In face of these waning results alone, any CEO of a business in the same context would be under monumental pressure. When was the last time a CEO of a listed company survived an 80% reduction in the share price over a 5 year period? I would hazard a guess that there would be few who would survive in that context. That is before the obvious other factors in play here. Sutherland has been at the helm during the obvious diminishing of the culture within the team noted above and is one of the core architects of the current structure of management in the game which, on any fair examination, is not serving it or the game well.


In my view, if Sutherland was CEO of anything other than a sporting organisation he would be out of a job: the shareholders of the business would have demanded his exit in the face of such a reduction in results and standards. Why shouldn't the stakeholders of cricket in Australia, the fans, also not see a change in the position that makes the major decisions that effect the game in this country in the face a sharply waning results?
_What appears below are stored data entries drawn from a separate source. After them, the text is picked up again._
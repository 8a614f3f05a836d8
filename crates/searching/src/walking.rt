//! The lines of the records that are wanted, of which each is read once.

ghost use Rattle.std.specs.Prelude.{◌≡◌, ◌++◌, OnOk, Some};
ghost use Rattle.std.specs.FinMap as map;
ghost use Rattle.archive_state.specs.Looks.{CountsFailures, Looked};
ghost use Rattle.archive_state.specs.Views.{On};
ghost use Rattle.searching.specs.Lines as lines;
ghost use Rattle.searching.specs.Walking as walking;

use crate::choosing::numbers_for;
use crate::lines::{Line, line_of};
use crate::wanted::{Wanted, is_wanted};
use archive_state::View;
use kind_views::KindView;
use record_kinds::Record;
use record_text::RefusalKind;
use std::alloc::{AllocError, Global};

/// The lines of the first so many records after a number that are wanted, by number. Where there are as many as were
/// asked for, there may be more after the last of them. A record is read at a time. Nothing is changed.
pub fn page<V: KindView>(
    alloc: Global,
    view: &mut V,
    wanted: &Wanted,
    after: u32,
    limit: usize,
) -> Result<Vec<Line>, RefusalKind>
    ensures shows { On V.View view.old view.new (λ c. Looked result
        (λ found. found.items ≡ lines.page wanted.now after limit (map.entries c.records))) }
    ensures counts { CountsFailures (V.View.failed view.old) (V.View.failed view.new) result }
{
    let numbers = numbers_for(alloc, view, wanted)?;
    walked(alloc, view, wanted, after, limit, &numbers)
}

/// The lines of those of these numbers that are after one.
#[tactic(auto, using(crate::proofs::Walked::one_more, crate::proofs::Walked::all_walked))]
fn walked<V: View>(
    alloc: Global,
    view: &mut V,
    wanted: &Wanted,
    after: u32,
    limit: usize,
    numbers: &[u32],
) -> Result<Vec<Line>, RefusalKind>
    ensures shows { On V.View view.old view.new (λ c. Looked result
        (λ found. found.items ≡ walking.walked (map.get c.records) wanted.now after limit numbers.now)) }
    ensures counts { CountsFailures (V.failed view.old) (V.failed view.new) result }
{
    let mut lines = Vec::new(alloc);
    'numbers: for number in numbers {
        read_after(alloc, view, wanted, after, limit, *number, &mut lines)?;
    }
    Ok(lines)
}

/// Adds the line of what stands at a number, where it is after another.
fn read_after<V: View>(
    alloc: Global,
    view: &mut V,
    wanted: &Wanted,
    after: u32,
    limit: usize,
    number: u32,
    lines: &mut Vec<Line>,
) -> Result<(), RefusalKind>
    ensures shows { On V.View view.old view.new (λ c. Looked result (λ _. lines.new.items
        ≡ walking.with_later wanted.now after limit number (map.get c.records number) lines.old.items)) }
    ensures counts { CountsFailures (V.failed view.old) (V.failed view.new) result }
{
    if number <= after {
        return Ok(());
    }
    read_at(alloc, view, wanted, limit, number, lines)
}

/// Adds the line of what stands at a number, unless there are lines enough.
fn read_at<V: View>(
    alloc: Global,
    view: &mut V,
    wanted: &Wanted,
    limit: usize,
    number: u32,
    lines: &mut Vec<Line>,
) -> Result<(), RefusalKind>
    ensures shows { On V.View view.old view.new (λ c. Looked result (λ _. lines.new.items
        ≡ walking.with_found wanted.now limit number (map.get c.records number) lines.old.items)) }
    ensures counts { CountsFailures (V.failed view.old) (V.failed view.new) result }
{
    if lines.len() >= limit {
        return Ok(());
    }
    let found = view.record_at(alloc, number)?;
    match add_found(alloc, wanted, number, found, lines) {
        Ok(()) => Ok(()),
        Err(_) => Err(RefusalKind::OutOfMemory),
    }
}

/// Adds the line of a record, where there is one that is wanted. The record is given back here.
fn add_found(
    alloc: Global,
    wanted: &Wanted,
    number: u32,
    found: Option<Record>,
    lines: &mut Vec<Line>,
) -> Result<(), AllocError>
    ensures { OnOk result (lines.new.items ≡ lines.old.items ++ walking.line_at wanted.now number found) }
{
    match &found {
        Some(record) => add_line(alloc, wanted, number, record, lines),
        None => Ok(()),
    }
}

fn add_line(
    alloc: Global,
    wanted: &Wanted,
    number: u32,
    record: &Record,
    lines: &mut Vec<Line>,
) -> Result<(), AllocError>
    ensures { OnOk result (lines.new.items
        ≡ lines.old.items ++ walking.line_at wanted.now number (Some «record».now)) }
{
    if is_wanted(alloc, wanted, record)? {
        let text = line_of(alloc, number, record)?;
        lines.push(Line { number, text })?;
    }
    Ok(())
}
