//! What holds of the answers.

ghost use Rattle.std.specs.Prelude.{◌≡◌, ◌⊎◌, ℕ, ℤ, List, Option, Some, None, codes, true, false};
ghost use Rattle.archive_state.specs.Content.{Content, Records};
ghost use Rattle.archive_state.specs.Sound.{IsSound};
ghost use Rattle.masking.specs.Hidden.{AreAlike};
ghost use Rattle.masking.specs.Masking.{IsMasked};
ghost use Rattle.room_requests.specs.Visits.{AnswersBy, IsEitherBy};
ghost use Rattle.html_answers.specs.Answers.{answer_to};
ghost use Rattle.html_answers.specs.Hosts.{is_local, is_own};

use masking::laws::what_is_hidden_changes_nothing;
use room_requests::laws::the_answers_decide;

/// Equal masked records answer the same bytes alike, but for a head that is malformed or cut, and too large: it may be
/// answered as either, which tells nothing of the records.
pub fn the_records_decide()
    ensures { (m n : Records) (society : List ℕ) (own : Option (List ℕ)) (input one two : List ℕ) → m ≡ n
        → AnswersBy (answer_to m society own) input one → AnswersBy (answer_to n society own) input two
        → (one ≡ two) ⊎ (IsEitherBy (answer_to m society own) one × IsEitherBy (answer_to n society own) two) }
{
    the_answers_decide();
}

/// What is hidden of a sound archive changes no answer: two that differ only in what is hidden answer the same bytes
/// alike, that one case apart.
pub fn what_is_hidden_changes_no_answer()
    ensures { (a b : Content) (today : ℤ) (s t : Content) (society : List ℕ) (own : Option (List ℕ))
        (input one two : List ℕ) → IsSound a → IsSound b → AreAlike a b today → IsMasked a today s
        → IsMasked b today t → AnswersBy (answer_to s.records society own) input one
        → AnswersBy (answer_to t.records society own) input two
        → (one ≡ two) ⊎ (IsEitherBy (answer_to s.records society own) one
        × IsEitherBy (answer_to t.records society own) two) }
{
    what_is_hidden_changes_nothing();
    the_answers_decide();
}

/// A host may have a port and letters of any case, and nothing else before or after its name.
pub fn hosts_are_compared()
    ensures plain { is_local (codes "localhost") ≡ true }
    ensures port { is_local (codes "LocalHost:8080") ≡ true }
    ensures four { is_local (codes "127.0.0.1:80") ≡ true }
    ensures six { is_local (codes "[::1]:8080") ≡ true }
    ensures empty { is_local (codes "") ≡ false }
    ensures before { is_local (codes "my.localhost") ≡ false }
    ensures after { is_local (codes "localhost.example.org") ≡ false }
    ensures words { is_local (codes "localhost:80x") ≡ false }
    ensures own { is_own (Some (codes "room.example.org")) (codes "Room.Example.org:443") ≡ true }
    ensures none { is_own None (codes "room.example.org") ≡ false }
{}
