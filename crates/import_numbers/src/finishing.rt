//! Records finished.

ghost use Rattle.std.specs.Prelude.{◌≡◌, Some, OnOk, option_map};
ghost use Rattle.import_definitions.specs.Numbers as numbers;
ghost use Rattle.import_numbers.specs.Views.{found_said};
ghost use Rattle.import_numbers.specs.Placed.{finished_at, placed_at};

use crate::found::Found;
use crate::record_parts::renumber;
use record_kinds::{Place, Record};
use record_text::Text;
use std::alloc::{AllocError, Global};

/// The number of the place that was found; 0 where none was.
fn number_found(roots: &[u32], found: Option<Found>) -> u32
    ensures { result ≡ numbers.number_found roots.now (option_map found_said found) }
{
    match found {
        Some(Found::Number(number)) => number,
        Some(Found::Position(position)) => number_at(roots, position),
        None => 0,
    }
}

fn number_at(roots: &[u32], position: u32) -> u32
    ensures { result ≡ numbers.number_at roots.now position }
{
    match roots.get(position as usize) {
        Some(number) => *number,
        None => 0,
    }
}

/// Puts an event at the place of a number.
fn put_at(found: &mut Record, number: u32)
    ensures { found.new ≡ numbers.at_place number found.old }
{
    if let Record::Event(event) = found
        && let Some(place) = &mut event.place
    {
        place.place = number;
    }
}

/// Gives an event or a citation its owner.
fn put_owner(found: &mut Record, owner: u32)
    ensures { found.new ≡ numbers.owned_by owner found.old }
{
    match found {
        Record::Event(event) => event.owner = owner,
        Record::Citation(citation) => citation.owner = owner,
        _ => {}
    }
}

/// Puts an event at the place that was found for the path that it was sought by, where it was.
fn put_place(found: &mut Record, roots: &[u32], path: &Option<Text>, place: Option<Found>)
    ensures { found.new ≡ placed_at roots.now path.now (option_map found_said place)
        found.old }
{
    if path.is_some() {
        put_at(found, number_found(roots, place));
    }
}

/// Finishes a record of the file: its pointers become numbers, it gets its owner, and an event its place.
pub fn finish(
    alloc: Global,
    found: &mut Record,
    roots: &[u32],
    owner: u32,
    path: &Option<Text>,
    place: Option<Found>,
) -> Result<(), AllocError>
    ensures { OnOk result (found.new ≡ finished_at roots.now owner path.now
        (option_map found_said place) found.old) }
{
    renumber(alloc, found, roots)?;
    put_place(found, roots, path, place);
    put_owner(found, owner);
    Ok(())
}

/// The place that is made of a name, within another where there is one.
pub fn made_place(alloc: Global, roots: &[u32], name: Text, parent: Option<Found>) -> Place
    ensures { result ≡ numbers.place_made roots.now name (option_map found_said parent) }
{
    Place {
        name,
        parent: parent_number(roots, parent),
        carried: Vec::new(alloc),
    }
}

fn parent_number(roots: &[u32], parent: Option<Found>) -> Option<u32>
    ensures { result ≡ option_map (λ f. numbers.number_found roots.now (Some f)) (option_map found_said parent) }
{
    match parent {
        Some(found) => Some(number_found(roots, Some(found))),
        None => None,
    }
}
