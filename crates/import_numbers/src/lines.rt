//! Carried lines with numbers for positions.

ghost use Rattle.std.specs.Prelude.{◌≡◌, IfOk, OnOk};
ghost use Rattle.stored_lines.specs.Tree.{relabel};
ghost use Rattle.archive_state.specs.Merging as merging;
ghost use Rattle.import_definitions.specs.Numbers.{number_at};

use crate::renumbering::number_of;
use std::alloc::{AllocError, Global};
use std::mem;
use stored_lines::{Carried, Value};

/// Puts the number of its position on a value.
pub(crate) fn renumber_value(value: &mut Value, numbers: &[u32])
    ensures { value.new ≡ merging.value_with (number_at numbers.now) value.old }
{
    if let Value::Ref(position) = value {
        *position = number_of(numbers, *position);
    }
}

/// A value with the number of its position.
fn value_with(value: Value, numbers: &[u32]) -> Value
    ensures { result ≡ merging.value_with (number_at numbers.now) value }
{
    match value {
        Value::Text(text) => Value::Text(text),
        Value::Ref(position) => Value::Ref(number_of(numbers, position)),
    }
}

/// A carried line with the numbers of the positions on it and below it.
fn line_with(alloc: Global, line: Carried, numbers: &[u32]) -> Result<Carried, AllocError>
    ensures { IfOk result (λ c. c ≡ relabel (merging.line_with (number_at numbers.now)) line) }
{
    let Carried {
        tag,
        value,
        children,
    } = line;
    let mut made = Vec::with_capacity(alloc, children.len())?;
    'children: for child in children {
        made.push(line_with(alloc, child, numbers)?)?;
    }
    Ok(Carried {
        tag,
        value: value_with(value, numbers),
        children: made,
    })
}

/// Carried lines with the numbers of the positions on them and below them.
fn lines_with(
    alloc: Global,
    lines: Vec<Carried>,
    numbers: &[u32],
) -> Result<Vec<Carried>, AllocError>
    ensures { IfOk result (λ made. made.items ≡ merging.lines_with (number_at numbers.now) lines.items) }
{
    let mut made = Vec::with_capacity(alloc, lines.len())?;
    'lines: for line in lines {
        made.push(line_with(alloc, line, numbers)?)?;
    }
    Ok(made)
}

/// Puts the number of each position in its place, on the lines and below them.
pub(crate) fn renumber_lines(
    alloc: Global,
    lines: &mut Vec<Carried>,
    numbers: &[u32],
) -> Result<(), AllocError>
    ensures { OnOk result (lines.new.items ≡ merging.lines_with (number_at numbers.now) lines.old.items) }
{
    let taken = mem::replace(lines, Vec::new(alloc));
    *lines = lines_with(alloc, taken, numbers)?;
    Ok(())
}
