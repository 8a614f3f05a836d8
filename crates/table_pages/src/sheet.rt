//! A sheet: its columns and its rows.

ghost use Rattle.std.specs.Prelude.{◌≡◌, [], ◌++◌, ◌≤◌, IfOk, IfSome, MatchResult, Err, Ok, OnOk, length};
ghost use Rattle.table_pages.specs.Cells.{rows_of};
ghost use Rattle.table_pages.specs.Sheets as sheets;

use crate::cells::{ReadRows, RowBytes, read_rows};
use crate::columns::Column;
use crate::fault::{FaultKind, PageFault};
use crate::headers::{columns_of, header_fault, missing};
use crate::line_ends::{line_feeds, without_mark};
use crate::separators::separator;
use crate::texts::row_texts;
use commands::{Field, FieldRow};
use std::alloc::{AllocError, Global};
use std::marker::Model;

/// A row of a sheet with its number, the header's being 1. A cell that is missing at its end is empty.
#[derive(Drop)]
pub struct SheetRow {
    pub number: usize,
    pub cells: FieldRow,
}

/// A sheet: what its columns are, their names, and the rows after the header that are not empty. Contracts see it as
/// these lists.
#[derive(Drop)]
pub struct Sheet {
    columns: Vec<Column>,
    names: FieldRow,
    rows: Vec<SheetRow>,
}

impl Model for Sheet {
    ghost use Rattle.table_pages.specs.Sheets as given;

    ghost Value = { given.Sheet };

    ghost view = { λ a. record { columns = a.columns.items; names = a.names; rows = a.rows.items } };
}

impl Sheet {
    /// What the columns are, in their order.
    pub fn columns(&self) -> &[Column]
        ensures { result.now ≡ self.now.columns }
    {
        self.columns.as_slice()
    }

    /// The names of the columns, as the header has them.
    pub fn names(&self) -> &[Field]
        ensures { result.now ≡ self.now.names }
    {
        self.names.fields()
    }

    /// The rows after the header that are not empty, in their order.
    pub fn rows(&self) -> &[SheetRow]
        ensures { result.now ≡ self.now.rows }
    {
        self.rows.as_slice()
    }
}

/// Reads a sheet in UTF-8. Refused are, in this order: the first byte that is not UTF-8, with its row; a quote that is
/// not closed, with the row where it began; the first column that is not known or stands twice; and a column that is
/// missing.
#[tactic(auto, unfolding(crate::specs::Sheets::sheet_of))]
pub fn read_sheet(alloc: Global, bytes: &[u8]) -> Result<Result<Sheet, PageFault>, AllocError>
    ensures { IfOk result (λ r. r ≡ sheets.sheet_of bytes.now) }
{
    let lines = line_feeds(alloc, without_mark(bytes))?;
    let (separator, rest) = separator(&lines);
    sheet_of_lines(alloc, separator, rest)
}

/// The sheet of lines whose cells are parted so.
fn sheet_of_lines(
    alloc: Global,
    separator: u8,
    lines: &[u8],
) -> Result<Result<Sheet, PageFault>, AllocError>
    ensures { IfOk result (λ r. r ≡ sheets.sheet_of_lines separator lines.now) }
{
    match first_stray(lines) {
        Some(at) => {
            let row = count_rows(alloc, separator, &lines[..at])?;
            Ok(Err(row_fault(alloc, row, FaultKind::NotUtf8)))
        }
        None => {
            let ReadRows { rows, is_open } = read_rows(alloc, separator, lines)?;
            sheet_of_rows(alloc, &rows, is_open)
        }
    }
}

/// How many bytes are before the first that is not UTF-8. `None`: all are.
fn first_stray(lines: &[u8]) -> Option<usize>
    ensures first { result ≡ sheets.first_stray lines.now }
    ensures within { IfSome result (λ n. n ≤ length lines.now) }
{
    match str::from_utf8(lines) {
        Ok(_) => None,
        Err(e) => Some(e.valid_up_to()),
    }
}

/// How many rows lines begin.
fn count_rows(alloc: Global, separator: u8, lines: &[u8]) -> Result<usize, AllocError>
    ensures { IfOk result (λ n. n ≡ length (rows_of separator lines.now)) }
{
    let ReadRows { rows, is_open: _ } = read_rows(alloc, separator, lines)?;
    Ok(rows.len())
}

/// The sheet of these rows, of which the last has an open quote, or has none.
fn sheet_of_rows(
    alloc: Global,
    rows: &[RowBytes],
    is_open: bool,
) -> Result<Result<Sheet, PageFault>, AllocError>
    ensures { IfOk result (λ r. r ≡ sheets.sheet_of_rows is_open rows.now) }
{
    match rows {
        [header, others @ ..] => match row_texts(alloc, header.as_slice())? {
            Some(names) => sheet_below(alloc, names, others, is_open),
            None => Ok(Err(row_fault(alloc, 1, FaultKind::NotUtf8))),
        },
        [] => Ok(Err(header_fault(alloc, FaultKind::MissingColumn, "kind")?)),
    }
}

/// The sheet of a header and the rows after it.
fn sheet_below(
    alloc: Global,
    names: FieldRow,
    rows: &[RowBytes],
    is_open: bool,
) -> Result<Result<Sheet, PageFault>, AllocError>
    ensures { IfOk result (λ r. r ≡ sheets.sheet_below is_open names rows.now) }
{
    match rows_of(alloc, rows)? {
        Ok(_) if is_open => Ok(Err(row_fault(alloc, rows.len() + 1, FaultKind::OpenQuote))),
        Ok(rows) => headed(alloc, names, rows),
        Err(row) => Ok(Err(row_fault(alloc, row, FaultKind::NotUtf8))),
    }
}

/// The sheet of a header and rows that are read.
fn headed(
    alloc: Global,
    names: FieldRow,
    rows: Vec<SheetRow>,
) -> Result<Result<Sheet, PageFault>, AllocError>
    ensures { IfOk result (λ r. r ≡ sheets.headed names rows.items) }
{
    let columns = match columns_of(alloc, names.fields())? {
        Ok(columns) => columns,
        Err(fault) => return Ok(Err(fault)),
    };
    match missing(&columns) {
        Some(word) => Ok(Err(header_fault(alloc, FaultKind::MissingColumn, word)?)),
        None => Ok(Ok(Sheet {
            columns,
            names,
            rows,
        })),
    }
}

/// The rows after the header that are not empty. `Err`: the number of the first that has a cell that is not UTF-8.
fn rows_of(alloc: Global, rows: &[RowBytes]) -> Result<Result<Vec<SheetRow>, usize>, AllocError>
    ensures { IfOk result (λ r. MatchResult r (λ shown. sheets.rows_from 2 rows.now ≡ Ok shown.items)
        (λ row. sheets.rows_from 2 rows.now ≡ Err row)) }
{
    let mut shown = Vec::new(alloc);
    let mut number = 2;
    for row in rows {
        match row_texts(alloc, row.as_slice())? {
            Some(cells) => push_row(&mut shown, number, cells)?,
            None => return Ok(Err(number)),
        }
        number += 1;
    }
    Ok(Ok(shown))
}

/// Adds a row where it is not empty.
fn push_row(shown: &mut Vec<SheetRow>, number: usize, cells: FieldRow) -> Result<(), AllocError>
    ensures { OnOk result (shown.new.items ≡ shown.old.items ++ sheets.shown number cells) }
{
    if !is_empty(cells.fields()) {
        shown.push(SheetRow { number, cells })?;
    }
    Ok(())
}

/// Whether each cell is empty.
fn is_empty(cells: &[Field]) -> bool
    ensures { result ≡ sheets.is_empty cells.now }
{
    cells.iter().all(|cell| cell.as_str().is_empty())
}

/// A fault that no cell is named for.
fn row_fault(alloc: Global, row: usize, kind: FaultKind) -> PageFault
    ensures { result ≡ sheets.row_fault row kind }
{
    PageFault {
        row,
        kind,
        column: Field::new(String::new(alloc)),
        cell: Field::new(String::new(alloc)),
    }
}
In my opinion, the departure of Mickey Arthur is just the tip of the iceberg when it comes to the fallout from Australian cricket's current problems. The board of Cricket Australia though will do themselves and the games stakeholders a massive disservice if they do not look past Arthur, Dovey and Howard and consider closely the role of James Sutherland in all of this. I, for one, think it is time for a change at the top of the game because the ideas of the past of the CEO and his implementation of the review he demanded are failing to conjure the results needed for him to stay.


The next move by Cricket Australia will be a critical one: if they get it wrong a further reduction in the winning percentage noted above will be least of their problems.